▸ Task prompt
In the entries below, find every line with the string "Role" and copy it.

== Segment start ==

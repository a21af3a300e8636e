//! The creation of vCPUs.

ghost use Rattle.std.specs.Prelude.{◌≡◌, ◌<◌, ℕ, OnOk};
ghost use Rattle.cove_base.specs.Unchanged.{Unchanged};
ghost use Rattle.cove_base.specs.declared.calls.HostCall.TheVariants.{Vcpu};
ghost use Rattle.cove_base.specs.declared.limits.TheConstants.{VCPU_LIMIT};
ghost use Rattle.cove_tvm.specs.Called.{Called, IsReady};
ghost use Rattle.cove_host.specs.Checked.{all_checked};
ghost use Rattle.cove_host.specs.FoundTvms.{ChangesTvm};
ghost use Rattle.cove_model.specs.HostCalls.{rule};
ghost use Rattle.cove_model.specs.LawfulStores.{AllowsLawful};
ghost use Rattle.cove_model.specs.States.{State};
ghost use Rattle.cove_tvm.specs.NewVcpus.{AddsCpu, IsNewCpu};
ghost use Rattle.cove_tvm.specs.Stands.{Stands};

use crate::checks::{DONE, aligned, free, inside};
use crate::lives::{cpu_number, is_building, live, no_cpu_yet};
use crate::pages::{give, page_of};
use cove_base::{HartId, Page, Regs, Reply, Role, TvmId, VCPU_LIMIT, Words};
use cove_imsic::FileState;
use cove_tvm::{Ground, RunState, Tvm, VcpuSlot};

/// Creates the vCPU `v` of a TVM, with the page at the byte address `state` as its state page.
pub fn create_vcpu<W: Words>(
    w: &mut W,
    g: &mut Ground,
    h: HartId,
    t: u64,
    v: u64,
    state: u64,
) -> Reply
    requires ready { IsReady (W.words w.old) g.old }
    requires on_board { h.0 < g.old.harts }
    requires allowed { AllowsLawful (W.allows (W.guard w.old)) g.old.pages g.old.harts h.0 (W.words w.old) }
    ensures called { Called h.0 (λ S. rule S h.0 (Vcpu t v state)) (W.words w.old) (W.words w.new) g.old g.new result }
    ensures guard { W.guard w.new ≡ W.guard w.old }
{
    match addable(w, g, t, v, state) {
        Err(reply) => reply,
        Ok(()) => {
            give(w, state, 1, TvmId(t as u32), Role::Vcpu);
            add(g, t, v, page_of(state));
            DONE
        }
    }
}

// The checks of the call, in the order of its rule.
fn addable<W: Words>(w: &mut W, g: &Ground, t: u64, v: u64, state: u64) -> Result<(), Reply>
    requires ready { IsReady (W.words w.old) g.now }
    ensures told { (hart : ℕ) (S : State) → Stands (W.words w.old) g.now S
        → result ≡ all_checked (rule S hart (Vcpu t v state)).checks }
    ensures number { OnOk result (v < VCPU_LIMIT) }
    ensures unchanged { Unchanged W.words W.clean W.guard w.old w.new }
{
    let tvm = live(g, t)?;
    is_building(tvm)?;
    cpu_number(v)?;
    no_cpu_yet(tvm, v)?;
    aligned(state)?;
    inside(g, state, 1)?;
    free(w, g, state, 1)
}

// Adds a vCPU to the live TVM `t`.
fn add(g: &mut Ground, t: u64, v: u64, page: Page)
    requires { v < VCPU_LIMIT }
    ensures { ChangesTvm t (AddsCpu v page.0) g.old g.new }
{
    if let Some(tvm) = g.tvms.live_mut(t) {
        add_to(tvm, v, page);
    }
}

// Adds a vCPU to a TVM, and measures it.
fn add_to(tvm: &mut Tvm, v: u64, page: Page)
    requires { v < VCPU_LIMIT }
    ensures { AddsCpu v page.0 tvm.old tvm.new }
{
    let slot = Some(new_slot(page));
    match v {
        0 => tvm.v0 = slot,
        1 => tvm.v1 = slot,
        2 => tvm.v2 = slot,
        _ => tvm.v3 = slot,
    }
    tvm.registers.extend_vcpu(v as u8);
}

// A vCPU as it is created.
fn new_slot(page: Page) -> VcpuSlot
    ensures { IsNewCpu page.0 result }
{
    VcpuSlot {
        regs: Regs::new(),
        run: RunState::Ready,
        bound: None,
        saved: FileState::new(),
        page,
    }
}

== Segment end ==

▸ Output of the exercise
use cove_base::{HartId, Page, Regs, Reply, Role, TvmId, VCPU_LIMIT, Words};
            give(w, state, 1, TvmId(t as u32), Role::Vcpu);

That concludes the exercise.